***** INFORMATION SUPPLIED

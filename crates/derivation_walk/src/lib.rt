//! Derivations are followed by the walk over the flat tree of a specification and the code of a program.
#![tactic(auto)]

mod walk;

pub use walk::DerivationWalk;
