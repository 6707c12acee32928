//! Laws of flat trees and soundness. Their functions do nothing; what they ensure is the law.

ghost use Rattle.sound_kept.specs.Laws as laws;

/// A value that registers and a piece represent is of the representation's type.
pub fn represented_are_typed()
    ensures { laws.RepresentedAreTyped }
{}

/// On the inputs that a program with the text's parameters can be given, the flat tree of a typed text asks no less of it
/// than the text does.
pub fn flat_tree_refines()
    ensures { laws.FlatTreeRefines }
{}

/// A program that is sound for the flat tree of a typed text is sound for the text, and its runs have the same bounds.
pub fn soundness_is_kept()
    ensures sound { laws.SoundKept }
    ensures bounded { laws.BoundsKept }
{}
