// What a cast is: the outcome of one element, the answer, the counts and the bytes of a chunk call, demands 1 and 3, the classes of the counts, and the samples. There is no code here: specs/ defines, proofs/ shows.
#![tactic(auto)]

**********

WHAT NEEDS TO BE DONE:
Output must be limited to the lines beginning with the one that contains "defines, proofs/ shows." and ending with the last line of the entries, reproduced exactly.

ANSWER TO THIS PROBLEM:
// What a cast is: the outcome of one element, the answer, the counts and the bytes of a chunk call, demands 1 and 3, the classes of the counts, and the samples. There is no code here: specs/ defines, proofs/ shows.
#![tactic(auto)]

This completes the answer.